*** Recorded information Section Begins ***

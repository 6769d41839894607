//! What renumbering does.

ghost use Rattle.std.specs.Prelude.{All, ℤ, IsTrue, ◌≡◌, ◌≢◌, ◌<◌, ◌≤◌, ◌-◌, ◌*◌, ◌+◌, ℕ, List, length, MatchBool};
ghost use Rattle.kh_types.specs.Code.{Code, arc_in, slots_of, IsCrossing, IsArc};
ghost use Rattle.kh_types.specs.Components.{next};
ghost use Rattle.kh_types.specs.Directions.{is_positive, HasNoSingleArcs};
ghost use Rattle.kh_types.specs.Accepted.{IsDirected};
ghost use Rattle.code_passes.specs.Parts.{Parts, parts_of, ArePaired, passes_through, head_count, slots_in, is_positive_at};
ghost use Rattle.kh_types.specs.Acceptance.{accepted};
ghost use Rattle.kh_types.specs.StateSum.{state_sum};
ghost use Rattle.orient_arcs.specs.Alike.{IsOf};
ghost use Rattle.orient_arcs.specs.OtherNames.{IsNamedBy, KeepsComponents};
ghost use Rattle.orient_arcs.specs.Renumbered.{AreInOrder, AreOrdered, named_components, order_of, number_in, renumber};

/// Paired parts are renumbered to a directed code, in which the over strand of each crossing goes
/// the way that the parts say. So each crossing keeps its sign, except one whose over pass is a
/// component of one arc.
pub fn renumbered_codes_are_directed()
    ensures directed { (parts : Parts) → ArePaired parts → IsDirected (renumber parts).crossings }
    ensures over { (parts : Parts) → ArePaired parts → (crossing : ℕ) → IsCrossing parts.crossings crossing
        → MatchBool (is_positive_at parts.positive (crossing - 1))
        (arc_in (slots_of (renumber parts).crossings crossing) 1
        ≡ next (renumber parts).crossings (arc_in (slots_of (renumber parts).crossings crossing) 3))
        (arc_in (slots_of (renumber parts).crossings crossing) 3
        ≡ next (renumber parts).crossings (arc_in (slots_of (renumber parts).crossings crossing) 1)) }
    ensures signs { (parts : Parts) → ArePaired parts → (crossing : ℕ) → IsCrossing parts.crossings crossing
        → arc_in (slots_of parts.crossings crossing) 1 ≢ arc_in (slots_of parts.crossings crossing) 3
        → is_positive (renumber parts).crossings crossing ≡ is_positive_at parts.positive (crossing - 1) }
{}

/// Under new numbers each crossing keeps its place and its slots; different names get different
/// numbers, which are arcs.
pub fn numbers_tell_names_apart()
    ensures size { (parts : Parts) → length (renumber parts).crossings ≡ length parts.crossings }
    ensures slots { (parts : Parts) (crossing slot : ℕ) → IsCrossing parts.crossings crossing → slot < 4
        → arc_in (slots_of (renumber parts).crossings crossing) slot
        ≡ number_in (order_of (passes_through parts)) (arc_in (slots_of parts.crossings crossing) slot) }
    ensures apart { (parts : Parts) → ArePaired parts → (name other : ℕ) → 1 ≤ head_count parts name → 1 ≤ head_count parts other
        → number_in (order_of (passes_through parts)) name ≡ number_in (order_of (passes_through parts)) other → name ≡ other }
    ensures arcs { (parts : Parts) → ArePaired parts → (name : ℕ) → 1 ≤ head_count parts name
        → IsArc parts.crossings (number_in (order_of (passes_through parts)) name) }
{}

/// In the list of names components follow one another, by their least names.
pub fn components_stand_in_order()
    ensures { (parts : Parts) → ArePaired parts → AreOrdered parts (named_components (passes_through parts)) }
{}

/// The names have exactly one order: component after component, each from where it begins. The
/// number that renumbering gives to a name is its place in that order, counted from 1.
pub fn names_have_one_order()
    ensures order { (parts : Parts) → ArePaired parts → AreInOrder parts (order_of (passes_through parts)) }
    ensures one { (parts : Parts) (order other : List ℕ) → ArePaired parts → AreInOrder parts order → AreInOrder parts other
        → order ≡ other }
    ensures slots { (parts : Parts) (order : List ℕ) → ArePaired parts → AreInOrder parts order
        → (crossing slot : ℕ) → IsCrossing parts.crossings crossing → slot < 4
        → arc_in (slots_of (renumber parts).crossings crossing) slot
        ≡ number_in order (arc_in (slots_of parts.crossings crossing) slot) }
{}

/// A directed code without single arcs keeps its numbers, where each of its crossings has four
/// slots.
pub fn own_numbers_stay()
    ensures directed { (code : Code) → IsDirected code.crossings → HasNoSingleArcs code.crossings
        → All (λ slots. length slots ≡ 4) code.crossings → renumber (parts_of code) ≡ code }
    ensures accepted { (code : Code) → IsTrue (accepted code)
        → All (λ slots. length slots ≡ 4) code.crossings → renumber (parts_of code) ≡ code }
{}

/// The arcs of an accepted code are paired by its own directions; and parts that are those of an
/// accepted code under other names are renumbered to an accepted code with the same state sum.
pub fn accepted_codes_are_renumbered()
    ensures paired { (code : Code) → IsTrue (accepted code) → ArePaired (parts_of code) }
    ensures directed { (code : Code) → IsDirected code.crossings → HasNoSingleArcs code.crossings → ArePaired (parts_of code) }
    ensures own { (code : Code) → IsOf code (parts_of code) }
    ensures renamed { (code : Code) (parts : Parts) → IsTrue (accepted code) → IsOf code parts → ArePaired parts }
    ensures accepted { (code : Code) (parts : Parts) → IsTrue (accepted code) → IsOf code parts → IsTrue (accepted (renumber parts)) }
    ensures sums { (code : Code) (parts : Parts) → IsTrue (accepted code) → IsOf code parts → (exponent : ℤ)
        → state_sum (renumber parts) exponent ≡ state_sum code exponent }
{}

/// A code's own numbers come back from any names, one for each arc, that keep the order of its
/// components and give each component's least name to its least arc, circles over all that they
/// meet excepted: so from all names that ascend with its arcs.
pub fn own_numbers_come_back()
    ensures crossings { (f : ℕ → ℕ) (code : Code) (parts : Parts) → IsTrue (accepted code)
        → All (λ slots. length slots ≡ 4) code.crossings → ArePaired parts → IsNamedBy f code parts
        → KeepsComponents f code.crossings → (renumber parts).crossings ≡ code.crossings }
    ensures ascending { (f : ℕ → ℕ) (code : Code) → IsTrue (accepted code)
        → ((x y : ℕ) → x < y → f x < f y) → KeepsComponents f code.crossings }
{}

*** Recorded information Section Ends ***

Your goal – Would you repeat each of the lines above exactly?

Response area –
repository 6769d41839894607
//! What renumbering does.

ghost use Rattle.std.specs.Prelude.{All, ℤ, IsTrue, ◌≡◌, ◌≢◌, ◌<◌, ◌≤◌, ◌-◌, ◌*◌, ◌+◌, ℕ, List, length, MatchBool};
ghost use Rattle.kh_types.specs.Code.{Code, arc_in, slots_of, IsCrossing, IsArc};
ghost use Rattle.kh_types.specs.Components.{next};
ghost use Rattle.kh_types.specs.Directions.{is_positive, HasNoSingleArcs};
ghost use Rattle.kh_types.specs.Accepted.{IsDirected};
ghost use Rattle.code_passes.specs.Parts.{Parts, parts_of, ArePaired, passes_through, head_count, slots_in, is_positive_at};
ghost use Rattle.kh_types.specs.Acceptance.{accepted};
ghost use Rattle.kh_types.specs.StateSum.{state_sum};
ghost use Rattle.orient_arcs.specs.Alike.{IsOf};
ghost use Rattle.orient_arcs.specs.OtherNames.{IsNamedBy, KeepsComponents};
ghost use Rattle.orient_arcs.specs.Renumbered.{AreInOrder, AreOrdered, named_components, order_of, number_in, renumber};

/// Paired parts are renumbered to a directed code, in which the over strand of each crossing goes
/// the way that the parts say. So each crossing keeps its sign, except one whose over pass is a
/// component of one arc.
pub fn renumbered_codes_are_directed()
    ensures directed { (parts : Parts) → ArePaired parts → IsDirected (renumber parts).crossings }
    ensures over { (parts : Parts) → ArePaired parts → (crossing : ℕ) → IsCrossing parts.crossings crossing
        → MatchBool (is_positive_at parts.positive (crossing - 1))
        (arc_in (slots_of (renumber parts).crossings crossing) 1
        ≡ next (renumber parts).crossings (arc_in (slots_of (renumber parts).crossings crossing) 3))
        (arc_in (slots_of (renumber parts).crossings crossing) 3
        ≡ next (renumber parts).crossings (arc_in (slots_of (renumber parts).crossings crossing) 1)) }
    ensures signs { (parts : Parts) → ArePaired parts → (crossing : ℕ) → IsCrossing parts.crossings crossing
        → arc_in (slots_of parts.crossings crossing) 1 ≢ arc_in (slots_of parts.crossings crossing) 3
        → is_positive (renumber parts).crossings crossing ≡ is_positive_at parts.positive (crossing - 1) }
{}

/// Under new numbers each crossing keeps its place and its slots; different names get different
/// numbers, which are arcs.
pub fn numbers_tell_names_apart()
    ensures size { (parts : Parts) → length (renumber parts).crossings ≡ length parts.crossings }
    ensures slots { (parts : Parts) (crossing slot : ℕ) → IsCrossing parts.crossings crossing → slot < 4
        → arc_in (slots_of (renumber parts).crossings crossing) slot
        ≡ number_in (order_of (passes_through parts)) (arc_in (slots_of parts.crossings crossing) slot) }
    ensures apart { (parts : Parts) → ArePaired parts → (name other : ℕ) → 1 ≤ head_count parts name → 1 ≤ head_count parts other
        → number_in (order_of (passes_through parts)) name ≡ number_in (order_of (passes_through parts)) other → name ≡ other }
    ensures arcs { (parts : Parts) → ArePaired parts → (name : ℕ) → 1 ≤ head_count parts name
        → IsArc parts.crossings (number_in (order_of (passes_through parts)) name) }
{}

/// In the list of names components follow one another, by their least names.
pub fn components_stand_in_order()
    ensures { (parts : Parts) → ArePaired parts → AreOrdered parts (named_components (passes_through parts)) }
{}

/// The names have exactly one order: component after component, each from where it begins. The
/// number that renumbering gives to a name is its place in that order, counted from 1.
pub fn names_have_one_order()
    ensures order { (parts : Parts) → ArePaired parts → AreInOrder parts (order_of (passes_through parts)) }
    ensures one { (parts : Parts) (order other : List ℕ) → ArePaired parts → AreInOrder parts order → AreInOrder parts other
        → order ≡ other }
    ensures slots { (parts : Parts) (order : List ℕ) → ArePaired parts → AreInOrder parts order
        → (crossing slot : ℕ) → IsCrossing parts.crossings crossing → slot < 4
        → arc_in (slots_of (renumber parts).crossings crossing) slot
        ≡ number_in order (arc_in (slots_of parts.crossings crossing) slot) }
{}

/// A directed code without single arcs keeps its numbers, where each of its crossings has four
/// slots.
pub fn own_numbers_stay()
    ensures directed { (code : Code) → IsDirected code.crossings → HasNoSingleArcs code.crossings
        → All (λ slots. length slots ≡ 4) code.crossings → renumber (parts_of code) ≡ code }
    ensures accepted { (code : Code) → IsTrue (accepted code)
        → All (λ slots. length slots ≡ 4) code.crossings → renumber (parts_of code) ≡ code }
{}

/// The arcs of an accepted code are paired by its own directions; and parts that are those of an
/// accepted code under other names are renumbered to an accepted code with the same state sum.
pub fn accepted_codes_are_renumbered()
    ensures paired { (code : Code) → IsTrue (accepted code) → ArePaired (parts_of code) }
    ensures directed { (code : Code) → IsDirected code.crossings → HasNoSingleArcs code.crossings → ArePaired (parts_of code) }
    ensures own { (code : Code) → IsOf code (parts_of code) }
    ensures renamed { (code : Code) (parts : Parts) → IsTrue (accepted code) → IsOf code parts → ArePaired parts }
    ensures accepted { (code : Code) (parts : Parts) → IsTrue (accepted code) → IsOf code parts → IsTrue (accepted (renumber parts)) }
    ensures sums { (code : Code) (parts : Parts) → IsTrue (accepted code) → IsOf code parts → (exponent : ℤ)
        → state_sum (renumber parts) exponent ≡ state_sum code exponent }
{}

/// A code's own numbers come back from any names, one for each arc, that keep the order of its
/// components and give each component's least name to its least arc, circles over all that they
/// meet excepted: so from all names that ascend with its arcs.
pub fn own_numbers_come_back()
    ensures crossings { (f : ℕ → ℕ) (code : Code) (parts : Parts) → IsTrue (accepted code)
        → All (λ slots. length slots ≡ 4) code.crossings → ArePaired parts → IsNamedBy f code parts
        → KeepsComponents f code.crossings → (renumber parts).crossings ≡ code.crossings }
    ensures ascending { (f : ℕ → ℕ) (code : Code) → IsTrue (accepted code)
        → ((x y : ℕ) → x < y → f x < f y) → KeepsComponents f code.crossings }
{}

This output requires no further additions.